Les études ne sont pas claires
Dans une étude [2] de 2012, on est parti de l’hypothèse que la réduction du volume de la matière grise dans le cerveau pouvait être associée à l’hypertension. Le processus peut-il donc être influencé par un nouveau traitement antihypertenseur ? 41 patients (sans démence mais souffrant d’hypertension) ont été examinés sur une année de traitement. Les résultats ont été décevants – malgré une réduction réussie de la pression artérielle, la réduction du volume s’est poursuivie. Une récente revue de 155 travaux examinant les avantages et les inconvénients potentiels d’un traitement antihypertenseur chez les patients (déjà) atteints de démence est arrivée à la conclusion décevante qu’il n’existe pas de preuves solides dans l’un ou l’autre domaine [3]. Il n’a pas été possible de démontrer clairement les avantages ou les inconvénients du traitement antihypertenseur chez les personnes démentes.
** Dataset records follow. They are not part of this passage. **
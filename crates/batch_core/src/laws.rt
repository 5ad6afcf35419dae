// The laws of batches one after the other, whatever the requests do: `tree` may be any function. Each is the
// contract of a function that does nothing: a caller has the law after the call.
ghost use Rattle.std.specs.Prelude.{◌≡◌, ◌<◌, ◌≤◌, List, [], length};
ghost use Rattle.std.specs.List.{All};
ghost use Rattle.aria_base.specs.Orders.{Cells, Database};
ghost use Rattle.aria_base.specs.declared.calls.Request.{Request};
ghost use Rattle.aria_base.specs.declared.keys.Key.{Key};
ghost use Rattle.aria_base.specs.declared.schemas.Table.{Table};
ghost use Rattle.batch_rules.specs.Batches.{Carrier};
ghost use Rattle.batch_rules.specs.Trees.{Tree};
ghost use Rattle.batch_rules.specs.Laws.{Agreement};
ghost use Rattle.batch_core.specs.Carriers.{StepsBy};
ghost use Rattle.batch_core.specs.Consistency.{StaysConsistent};
ghost use Rattle.batch_core.specs.Progress.{MakesProgress, FinishesWithin};
ghost use Rattle.batch_core.specs.Serial.{IsNumbered, IsSerial, AllSerial};
ghost use Rattle.batch_core.specs.Steps.{State, Handed, list_of, step, run};
ghost use Rattle.proc_lang.specs.declared.ends.End.{End};
ghost use Rattle.proc_lang.specs.Meaning.{is_done};

/// Where two databases agree on the read set of a request's run on the first, its run on the second makes the same accesses, comes to
/// the same end and has the same writes.
pub fn agreement()
    ensures { (tree : Request → Tree Key Cells End) (request : Request) (first second : Database) → Agreement is_done (tree request) first second }
{}

/// A batch by whatever carries its requests with what their runs on the start came to leaves the state after the batch, and has its
/// answer: the one definition of what is installed, settled, ordered and carried serves requests and outcomes alike.
pub fn steps_by<O>()
    ensures { (tree : Request → Tree Key Cells End) (request_of : O → Request) (by : Carrier Key Cells End O) (of : Request → O) (state : State) (handed : Handed) → StepsBy tree request_of by of state handed }
{}

/// Where each run leaves consistent rows, on whatever consistent rows it is made, a batch does.
pub fn stays_consistent()
    ensures { (schema : List Table) (tree : Request → Tree Key Cells End) (state : State) (handed : Handed) → StaysConsistent schema tree state handed }
{}

/// Where nothing waits, the numbers are in order.
pub fn nothing_waits()
    ensures { (state : State) → state.waiting ≡ [] → IsNumbered state }
{}

/// They stay in order, whatever calls a batch is handed.
pub fn keeps_numbers()
    ensures { (tree : Request → Tree Key Cells End) (state : State) (handed : Handed) → IsNumbered state → IsNumbered (step tree state handed) }
{}

/// Every answer is serialised by the order that it prints, by either rule and with or without the late fold: one after the other from
/// the batch's start, the requests that it names end as printed and leave the next state's rows; and all other requests wait.
pub fn serial_answer()
    ensures { (tree : Request → Tree Key Cells End) (state : State) (handed : Handed) → IsNumbered state → IsSerial tree state handed }
{}

/// So is every answer of a run of batches.
pub fn serial_run()
    ensures { (tree : Request → Tree Key Cells End) (state : State) (batches : List Handed) → IsNumbered state → AllSerial tree state batches }
{}

/// The first request of a list finishes; fewer wait than there were, and each of them stands at a smaller place of the next list.
pub fn progress()
    ensures { (tree : Request → Tree Key Cells End) (state : State) (handed : Handed) → 0 < length (list_of state handed) → MakesProgress tree state handed }
{}

/// No request waits longer than its place: the first of a batch's list ends in that batch, the second in the next one at the latest,
/// and so on.
pub fn finishes_within()
    ensures { (tree : Request → Tree Key Cells End) (state : State) (handed : Handed) (rest : List Handed) → IsNumbered state → FinishesWithin tree state handed rest }
{}

/// Without new calls nothing waits after as many batches as requests waited.
pub fn drains()
    ensures { (tree : Request → Tree Key Cells End) (state : State) (batches : List Handed) → All (λ handed. handed.calls ≡ []) batches → length state.waiting ≤ length batches → (run tree state batches).waiting ≡ [] }
{}
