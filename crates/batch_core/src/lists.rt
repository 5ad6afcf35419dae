// The list of a batch.
ghost use Rattle.std.specs.Prelude.{◌≡◌, ◌+◌, ◌<◌, ◌^◌, ◌++◌, length, IfOk};
ghost use Rattle.batch_core.specs.Steps.{numbered};

use aria_base::{Call, Memory, Request};

/// The list of a batch: what is carried, then the new calls with the next request numbers.
pub fn number_calls(
    carried: Vec<Request>,
    new: Vec<Call>,
    requests: u64,
) -> Result<Vec<Request>, Memory>
    requires { requests + length new.items < 2 ^ 64 }
    ensures list { IfOk result (λ list. list.items ≡ carried.items ++ numbered requests new.items) }
    ensures count { IfOk result (λ list. length list.items ≡ length carried.items + length new.items) }
{
    let mut list = carried;
    let mut q = requests;
    list.reserve(new.len())?;
    for call in new {
        q += 1;
        list.push(Request { q, call })?;
    }
    Ok(list)
}
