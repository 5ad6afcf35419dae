// Texts cut into pieces, and what is refused of them.
ghost use Rattle.std.specs.Prelude.{◌<◌};

use crate::checks::same;
use aria_base::Bytes;
use script_text::{Lines, LinesRefused, RefusalKind};
use std::alloc::Global;
use std::test::Fail;

/// A text, and its lines, each with a bar behind it.
const TEXT: &str =
    "catalog bank\r\n\n\r\nrow acct 1 = 10\r\r\n# a remark that is long enough to lie in more than one piece of a hundred bytes\ntx add 1 2\n   \nend 1\r\nlast \r";

const BARRED: &str =
    "catalog bank|||row acct 1 = 10\r|# a remark that is long enough to lie in more than one piece of a hundred bytes|tx add 1 2|   |end 1|last |";

fn bar(out: &mut Vec<u8>, lines: &[Bytes]) -> Result<(), LinesRefused> {
    for line in lines {
        out.extend_from_slice(line.as_slice())?;
        out.extend_from_slice(b"|")?;
    }
    Ok(())
}

/// Feeds the text in pieces of this size, and bars its lines.
fn feed_all(
    lines: &mut Lines,
    text: &[u8],
    size: usize,
    out: &mut Vec<u8>,
) -> Result<(), LinesRefused>
    requires { 0 < size }
{
    for piece in text.chunks(size) {
        let found = lines.feed(piece)?;
        bar(out, found.as_slice())?;
    }
    Ok(())
}

/// The barred lines of the text; at a refusal those before it, its word and its line.
fn barred(
    alloc: Global,
    limit: u64,
    longest: u32,
    text: &[u8],
    size: usize,
) -> Result<Vec<u8>, Fail>
    requires { 0 < size }
{
    let mut out = Vec::new(alloc);
    let mut lines = Lines::new(alloc, limit, longest);
    if let Err(refused) = feed_all(&mut lines, text, size, &mut out) {
        add_refusal(alloc, refused, &mut out)?;
        return Ok(out);
    }
    if let Some(last) = lines.finish() {
        out.extend_from_slice(last.as_slice())?;
        out.extend_from_slice(b"|")?;
    }
    Ok(out)
}

fn add_refusal(alloc: Global, refused: LinesRefused, out: &mut Vec<u8>) -> Result<(), Fail> {
    let LinesRefused::Line(refusal) = refused else {
        return Err(Fail::new("there is memory"));
    };
    let word = match refusal.kind {
        RefusalKind::Long => "long",
        RefusalKind::Size => "size",
        _ => "another kind",
    };
    let line = refusal.line;
    out.extend_from_slice(format!(in alloc; "{word} {line}")?.as_bytes())?;
    Ok(())
}

#[test]
fn cutting_makes_no_difference(rt: HostRuntime) -> Result<(), Fail> {
    for size in [1, 2, 3, 7, 100, 1000] {
        if size == 0 {
            return Err(Fail::new("pieces have bytes"));
        }
        let found = barred(rt.alloc(), 1000, 4096, TEXT.as_bytes(), size)?;
        same(&rt, "a cut text", &found, BARRED);
    }
    Ok(())
}

/// The bounds of a text and of a line, a text, and what comes of it where it is fed byte by byte.
const BOUNDED: [(u64, u32, &str, &str); 14] = [
    (20, 10, "0123456789\n012345678", "0123456789|012345678|"),
    (20, 10, "0123456789\n01234567\n", "0123456789|01234567|"),
    (20, 10, "0123456789\n0123456789", "0123456789|size 2"),
    (20, 10, "0123456789\n0123456789a", "0123456789|size 2"),
    (20, 10, "0123456789a", "long 1"),
    (20, 10, "01234567\r\n012345678", "01234567|012345678|"),
    (20, 10, "0123456789\r\n", "long 1"),
    (
        20,
        10,
        "01234\n01234\n01234\n01\n",
        "01234|01234|01234|size 4",
    ),
    (21, 10, "0123456789\n0123456789\n", "0123456789|size 2"),
    (21, 10, "0123456789\n0123456789ab", "0123456789|long 2"),
    (10, 10, "0123456789a", "long 1"),
    (10, 10, "0123456789\n", "size 1"),
    (10, 20, "0123456789a", "size 1"),
    (0, 0, "", ""),
];

#[test]
fn first_byte_past_a_bound_refuses(rt: HostRuntime) -> Result<(), Fail> {
    for (limit, longest, text, said) in BOUNDED {
        let found = barred(rt.alloc(), limit, longest, text.as_bytes(), 1)?;
        same(&rt, text, &found, said);
    }
    Ok(())
}

/// Feeds a piece whose third line is too long, and bars the lines before it.
fn refuse(lines: &mut Lines, out: &mut Vec<u8>) -> Result<(), Fail> {
    if lines.feed(b"c\nd\n012345\ne").is_ok() {
        return Err(Fail::new("the third line is too long"));
    }
    let before = lines.before(b"c\nd\n012345\ne")?;
    bar(out, before.as_slice())?;
    Ok(())
}

#[test]
fn refusals_change_nothing(rt: HostRuntime) -> Result<(), Fail> {
    let mut lines = Lines::new(rt.alloc(), 100, 5);
    let mut out = Vec::new(rt.alloc());
    feed_all(&mut lines, b"ab", 2, &mut out)?;
    refuse(&mut lines, &mut out)?;
    refuse(&mut lines, &mut out)?;
    feed_all(&mut lines, b"c\n01234", 7, &mut out)?;
    if let Some(last) = lines.finish() {
        out.extend_from_slice(last.as_slice())?;
    }
    same(&rt, "bars", &out, "abc|d|abc|d|abc|01234");
    Ok(())
}
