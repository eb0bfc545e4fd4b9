//! The numbers of the source machine are those of their types.
#![tactic(auto)]

pub mod laws;

pub use laws::numbers_are_typed;
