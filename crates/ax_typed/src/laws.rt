//! What holds of every run of an accepted module.

ghost use Rattle.std.specs.Prelude.{ℕ, List};
ghost use Rattle.ax_words.specs.declared.source.SourceEvent.{SourceEvent};
ghost use Rattle.ax_source_run.specs.SourceEvent.{source_event};
ghost use Rattle.ax_source_run.specs.SourceRun.{source_run, source_start};
ghost use Rattle.ax_source_run.specs.SourceState.{SourceProgram, SourceState};
ghost use Rattle.ax_check.specs.Accepted.{IsAccepted};
ghost use Rattle.ax_typed.specs.Typed.{IsTyped};

use ax_check::laws::{accepted_instructions_are_sound, accepted_passes_tests};
use ax_ops::results_fit;

/// In each state of an accepted module's source machine each number is one of its type: each result
/// of an instruction, each element of a global and of an alloca, each store that waits, and each
/// number that was written out, which has 64 bits. An event keeps it, and a machine starts so.
pub fn numbers_are_typed()
    ensures start { (program : SourceProgram) (entries : List ℕ) → IsAccepted program → IsTyped program.source (source_start program.source entries) }
    ensures event { (program : SourceProgram) (e : SourceEvent) (s : SourceState) → IsAccepted program → IsTyped program.source s → IsTyped program.source (source_event program e s) }
    ensures run { (program : SourceProgram) (entries : List ℕ) (events : List SourceEvent) → IsAccepted program → IsTyped program.source (source_run program events (source_start program.source entries)) }
{
    accepted_instructions_are_sound();
    accepted_passes_tests();
    results_fit();
}
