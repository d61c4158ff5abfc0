// What an operation answers, and how a caller in another language is told it. The meaning itself is definitions, in
// specs/.
#![tactic(auto)]

ghost use Rattle.std.specs.Prelude.{◌≡◌};
ghost use Rattle.meaning.specs.Told.{told, told_taken, told_delivered};

use stream::Fault;

// "Accepted is 0."
const ACCEPTED: u32 = 0;

// Check, Left, Join and Longest: document 01's number, and how many bytes stand at the front of the lent buffer.
#[repr(C)]
#[derive(Clone, Copy)]
pub struct Written {
    pub number: u32,
    pub written: usize,
}

impl From<Result<usize, Fault>> for Written {
    ghost from_gives = { λ answer w. w ≡ told answer };

    fn from(answer: Result<usize, Fault>) -> Written {
        match answer {
            Ok(written) => Written {
                number: ACCEPTED,
                written,
            },
            Err(fault) => Written {
                number: fault.into(),
                written: 0,
            },
        }
    }
}

// Admit: the number, 1 if the slice is complete, else 0, and how many cues and levels came in it.
#[repr(C)]
#[derive(Clone, Copy)]
pub struct Admitted {
    pub number: u32,
    pub complete: u32,
    pub arrived: u32,
}

// What Admit finds of a slice that it accepts.
#[derive(Clone, Copy)]
pub struct Taken {
    pub complete: bool,
    pub arrived: u32,
}

impl From<Result<Taken, Fault>> for Admitted {
    ghost from_gives = { λ answer a. a ≡ told_taken answer };

    fn from(answer: Result<Taken, Fault>) -> Admitted {
        match answer {
            Ok(taken) => Admitted {
                number: ACCEPTED,
                complete: taken.complete as u32,
                arrived: taken.arrived,
            },
            Err(fault) => Admitted {
                number: fault.into(),
                complete: 0,
                arrived: 0,
            },
        }
    }
}

// Feed: the number, how many bytes stand at the front of each lent buffer, and how many cues and levels came in the slice and were
// sent.
#[repr(C)]
#[derive(Clone, Copy)]
pub struct Fed {
    pub number: u32,
    pub output: usize,
    pub patch: usize,
    pub arrived: u32,
    pub sent: u32,
}

// What Feed comes to where it is not refused.
#[derive(Clone, Copy)]
pub struct Delivered {
    pub output: usize,
    pub patch: usize,
    pub arrived: u32,
    pub sent: u32,
}

impl From<Result<Delivered, Fault>> for Fed {
    ghost from_gives = { λ answer f. f ≡ told_delivered answer };

    fn from(answer: Result<Delivered, Fault>) -> Fed {
        match answer {
            Ok(delivered) => Fed {
                number: ACCEPTED,
                output: delivered.output,
                patch: delivered.patch,
                arrived: delivered.arrived,
                sent: delivered.sent,
            },
            Err(fault) => Fed {
                number: fault.into(),
                output: 0,
                patch: 0,
                arrived: 0,
                sent: 0,
            },
        }
    }
}
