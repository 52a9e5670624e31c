// The stores at work: the same calls on each of them, beside a set of codes of the library.
use counting_store::{Calls, CountingStore};
use cube_store::cube::CubeStore;
use list_store::store::ListStore;
use std::collections::BTreeSet;
use std::process::Abort;
use std::test::Fail;
use triples::question::{Pattern, Question};
use triples::store::{Added, Refusal, TripleStore};
use triples::triple::{Code, Triple};
use walks::copying::{Stopped, copy_all};
use walks::counting::count_fitting;
use walks::step::{after, first};
use walks::walk::Walk;

const BLANK: Triple = Triple {
    subject: 0,
    predicate: 0,
    object: 0,
};

fn triple(subject: u8, predicate: u8, object: u8) -> Triple {
    Triple {
        subject,
        predicate,
        object,
    }
}

// A sequence of triples of numbers below 64 that looks random, from a seed.
#[derive(Drop)]
struct Scattered(u32);

impl Iterator for Scattered {
    type Item = Triple;

    fn next(&mut self) -> Option<Triple> {
        let seed = self.0.wrapping_mul(1_664_525).wrapping_add(1_013_904_223);
        self.0 = seed;
        Some(triple(
            (seed >> 26) as u8,
            ((seed >> 20) & 7) as u8,
            ((seed >> 14) & 63) as u8,
        ))
    }
}

// Answers of an empty store with room for two triples at least.
fn behaves<S: TripleStore>(rt: &impl Abort, store: &mut S) {
    assert_eq!(rt; store.count(), 0);
    assert_eq!(rt; first(store, Pattern::FREE), None);
    assert_eq!(rt; store.add(triple(9, 1, 2)), Ok(Added::New));
    assert_eq!(rt; store.add(triple(3, 63, 5)), Ok(Added::New));
    assert_eq!(rt; store.add(triple(9, 1, 2)), Ok(Added::Had));
    assert_eq!(rt; store.count(), 2);
    assert!(rt; store.has(triple(3, 63, 5)) && !store.has(triple(3, 5, 63)));
    assert_eq!(rt; first(store, Pattern::FREE), Some(triple(3, 63, 5)));
    assert_eq!(rt;
        after(store, Pattern::FREE, triple(3, 63, 5)),
        Some(triple(9, 1, 2))
    );
    assert_eq!(rt; after(store, Pattern::FREE, triple(9, 1, 2)), None);
    let past = Question {
        lowest: Code::MAX,
        pattern: Pattern::FREE,
    };
    assert_eq!(rt; store.next(past), None);
    store.clear();
    assert_eq!(rt; store.count(), 0);
    assert!(rt; !store.has(triple(9, 1, 2)));
}

#[test]
fn list_behaves(rt: HostRuntime) {
    let mut records = [triple(9, 1, 2); 3];
    let mut list = ListStore::new(&mut records);
    behaves(&rt, &mut list);
    assert_eq!(rt; list.side(), 256);
    assert_eq!(rt; list.capacity(), 3);
    assert_eq!(rt; list.add(triple(255, 255, 255)), Ok(Added::New));
}

#[test]
fn cube_behaves(rt: HostRuntime) {
    let mut words = [u64::MAX; 4096];
    let mut cube = CubeStore::new(&mut words);
    behaves(&rt, &mut cube);
    assert_eq!(rt; cube.side(), 64);
    assert_eq!(rt; cube.capacity(), 262_144);
    assert_eq!(rt; cube.add(triple(63, 63, 63)), Ok(Added::New));
    assert_eq!(rt; cube.add(triple(0, 64, 0)), Err(Refusal::Outside));
}

#[test]
fn no_room(rt: HostRuntime) {
    let mut words = [u64::MAX; 4095];
    let mut cube = CubeStore::new(&mut words);
    assert_eq!(rt; cube.capacity(), 0);
    assert_eq!(rt; cube.add(BLANK), Err(Refusal::Full));
    assert_eq!(rt; cube.add(triple(64, 0, 0)), Err(Refusal::Outside));
    let mut records = [BLANK; 1];
    let mut list = ListStore::new(&mut records);
    assert_eq!(rt; list.add(triple(7, 7, 7)), Ok(Added::New));
    assert_eq!(rt; list.add(BLANK), Err(Refusal::Full));
    assert_eq!(rt; list.add(triple(7, 7, 7)), Ok(Added::Had));
}

// A cell's content is beyond contracts, so the count of questions is tested.
#[test]
fn calls_are_counted(rt: HostRuntime) {
    let mut records = [BLANK; 3];
    let mut list = ListStore::new(&mut records);
    let mut counting = CountingStore::new(&mut list);
    behaves(&rt, &mut counting);
    assert_eq!(rt;
        counting.calls(),
        Calls {
            questions: 11,
            adds: 3,
            clears: 1,
        }
    );
    let _ = counting.side();
    let _ = counting.capacity();
    assert_eq!(rt; counting.calls().questions, 13);
}

// Adds the first `n` triples of the sequence, and tells how many were new.
fn add_scattered<S: TripleStore>(store: &mut S, n: usize) -> usize {
    for triple in Scattered(1).take(n) {
        let _ = store.add(triple);
    }
    store.count()
}

// Walks the store, and compares its codes with those of the set.
fn agrees<S: TripleStore>(rt: &impl Abort, store: &S, codes: &BTreeSet<Code>) {
    assert_eq!(rt; store.count(), codes.len());
    let mut walk = Walk::new(store, Pattern::FREE);
    for code in codes {
        assert_eq!(rt; walk.next().map(|triple| triple.code()), Some(*code));
    }
    assert_eq!(rt; walk.next(), None);
}

#[test]
fn stores_agree(rt: HostRuntime) -> Result<(), Fail> {
    let mut codes = BTreeSet::new(rt.alloc());
    for triple in Scattered(1).take(700) {
        let _ = codes.insert(triple.code())?;
    }
    let mut records = [BLANK; 700];
    let mut list = ListStore::new(&mut records);
    assert_eq!(rt; add_scattered(&mut list, 700), codes.len());
    agrees(&rt, &list, &codes);
    let mut words = [0; 4096];
    let mut cube = CubeStore::new(&mut words);
    assert_eq!(rt; copy_all(&list, &mut cube), Ok(()));
    agrees(&rt, &cube, &codes);
    Ok(())
}

#[test]
fn copies_stop(rt: HostRuntime) {
    let mut records = [BLANK; 3];
    let mut list = ListStore::new(&mut records);
    let _ = list.add(triple(70, 0, 0));
    let _ = list.add(triple(1, 2, 3));
    let mut words = [0; 4096];
    let mut cube = CubeStore::new(&mut words);
    let stopped = Stopped {
        triple: triple(70, 0, 0),
        refusal: Refusal::Outside,
    };
    assert_eq!(rt; copy_all(&list, &mut cube), Err(stopped));
    assert_eq!(rt; cube.count(), 1);
}

#[test]
fn fitting_triples(rt: HostRuntime) {
    let mut words = [0; 4096];
    let mut cube = CubeStore::new(&mut words);
    let _ = add_scattered(&mut cube, 700);
    let total = (0..8u8).fold(0, |total: usize, predicate| {
        let pattern = Pattern {
            predicate: Some(predicate),
            ..Pattern::FREE
        };
        total.saturating_add(count_fitting(&cube, pattern))
    });
    assert_eq!(rt; total, cube.count());
    assert_eq!(rt; count_fitting(&cube, Pattern::FREE), cube.count());
}
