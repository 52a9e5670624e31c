// Tests of what no contract says, and of crates whose own check should stay short: the proved code, compiled and run.
#![tactic(auto)]

#[cfg(test)]
mod stores;
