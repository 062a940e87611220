//! The nodes of a galley's items, as they wait at the page builder.

ghost use Rattle.std.specs.Prelude.{◌≡◌, ◌≤◌, ℕ, ◌∷◌, [], OnOk};
ghost use Rattle.tb_node.specs.PlainNodes.{whatsit, plain, act, on_line};
ghost use Rattle.tb_builder.specs.Contents.{contents_of};
ghost use Rattle.tb_items.specs.WaitingNodes.{CanTake, Waits, IsItem, AreItems};
ghost use Rattle.tb_plain.specs.GalleyNodes.{clearing_kinds, makeup_kinds, makeup_nodes, made_up};
ghost use Rattle.tb_param.specs.declared.Params.{Params};
ghost use Rattle.tb_plain.specs.Run.{act_count};

use std::alloc::AllocError;
use tb_builder::Builder;
use tb_galley::{Galley, Item, ItemKind};
use tb_items::{put, put_item};
use tb_node::{Act, Float, Kind, Node};
use tb_param::Params;
use tb_plain::{CLEARING_PENALTY, clearing_glue};
use tb_pool::Lists;

/// Hands over the nodes of items.
pub(crate) fn put_items(
    store: &mut Lists<Node>,
    builder: &mut Builder,
    p: &Params,
    items: &[Item],
) -> Result<(), AllocError>
    requires can { CanTake builder.old store.old }
    requires items { AreItems (contents_of builder.old store.old).classes items.now }
    ensures { OnOk result (Waits (makeup_nodes p.now items.now) builder.old store.old builder.new store.new) }
{
    // Most items have one node, and few have more.
    store.reserve(items.len() + items.len() / 8)?;
    for item in items {
        put_makeup(store, builder, p, item.line, &item.kind)?;
    }
    Ok(())
}

// Hands over the nodes of an item: a float is only taken, and a clear is one forced break.
fn put_makeup(
    store: &mut Lists<Node>,
    builder: &mut Builder,
    p: &Params,
    line: u32,
    kind: &ItemKind,
) -> Result<(), AllocError>
    requires can { CanTake builder.old store.old }
    requires item { IsItem (contents_of builder.old store.old).classes kind.now }
    ensures { OnOk result (Waits (on_line line (makeup_kinds p.now kind.now)) builder.old store.old builder.new store.new) }
{
    match kind {
        ItemKind::Float { float, vert: _ } => put_take(store, builder, line, *float),
        ItemKind::ClearPage => put_clearing(store, builder, line),
        _ => put_item(store, builder, p, false, line, kind),
    }
}

// A float is taken behind a whatsit, so that what it puts first does not decide whether a kern before it is a legal place.
fn put_take(
    store: &mut Lists<Node>,
    builder: &mut Builder,
    line: u32,
    float: Float,
) -> Result<(), AllocError>
    requires can { CanTake builder.old store.old }
    ensures { OnOk result (Waits (on_line line (plain whatsit ∷ act (Act.Take float) ∷ [])) builder.old store.old builder.new store.new) }
{
    put(store, builder, line, Kind::Whatsit)?;
    put(store, builder, line, Kind::Act(Act::Take(float)))
}

/// Hands over the end of a page, and of those that held insertions need (plain.tex, \supereject).
pub(crate) fn put_clearing(
    store: &mut Lists<Node>,
    builder: &mut Builder,
    line: u32,
) -> Result<(), AllocError>
    requires can { CanTake builder.old store.old }
    ensures { OnOk result (Waits (on_line line clearing_kinds) builder.old store.old builder.new store.new) }
{
    put(store, builder, line, Kind::Skip(clearing_glue()))?;
    put(store, builder, line, Kind::Pen(CLEARING_PENALTY))
}

/// How many acts the nodes of a galley have.
pub(crate) fn act_count(galley: &Galley) -> u64
    ensures { result ≡ act_count (made_up galley.now) }
{
    let mut count = 0;
    for item in galley.items.as_slice() {
        count += acts_of(&item.kind);
    }
    count
}

// How many acts an item has. Of the items that are served only floats have one.
fn acts_of(kind: &ItemKind) -> u64
    ensures count { (p : Params) (line : ℕ) → act_count (on_line line (makeup_kinds p kind.now)) ≡ result }
    ensures few { result ≤ 1 }
{
    match kind {
        ItemKind::Float { .. } => 1,
        ItemKind::Margin { .. } => 1,
        ItemKind::OneColumn => 1,
        ItemKind::TwoColumn => 1,
        ItemKind::Suppress(_) => 1,
        ItemKind::Page(_) => 1,
        ItemKind::Set(_) => 1,
        ItemKind::Head(_) => 1,
        _ => 0,
    }
}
“Si l’on passe en revue la littérature, le jugement est négatif. Les études longitudinales qui ont examiné le bénéfice d’un traitement antihypertenseur sur les paramètres cognitifs ne sont pas homogènes : trois ont des résultats tendanciellement positifs (SYST-EUR, PROGRESS, HOPE), quatre ont des résultats tendanciellement négatifs (MRC, SHEP, SCOPE, HYVET-COG). En conclusion, le rôle du traitement antihypertenseur dans l’arrêt ou la prévention des troubles cognitifs semble plutôt insignifiant, ou du moins ne peut pas être évalué de manière définitive jusqu’à présent. En l’état actuel des connaissances, on peut dire que l’hypertension doit bien sûr être traitée, mais que cela ne protège pas de la démence”, conclut-il.
Que disent les lignes directrices ?
Les directives ESH/ESC de 2013 sur la prise en charge de l’hypertension indiquent que, bien que l’on sache que les lésions de la matière blanche sont associées à un risque accru de troubles cognitifs et de démence, il existe peu d’informations sur la manière dont un traitement antihypertenseur peut influencer cette évolution.
Source : “Hypertonie et démence”, présentation au Prevention Summit, 11 septembre 2014, Zurich
Littérature :
- Longstreth WT, et al : Clinical correlates of white matter findings on cranial magnetic resonance imaging of 3301 elderly people. L’étude sur la santé cardiovasculaire. Stroke 1996 Aug ; 27(8) : 1274-1282.
- Jennings JR, et al : La matière grise régionale diminue chez les individus hypertendus malgré une réduction réussie de la pression artérielle. J Hum Hypertens 2012 May ; 26(5) : 295-305.
- Van der Wardt V, et al : Traitement antihypertenseur chez les personnes atteintes de démence. J Am Med Dir Assoc 2014 Sep ; 15(9) : 620-629.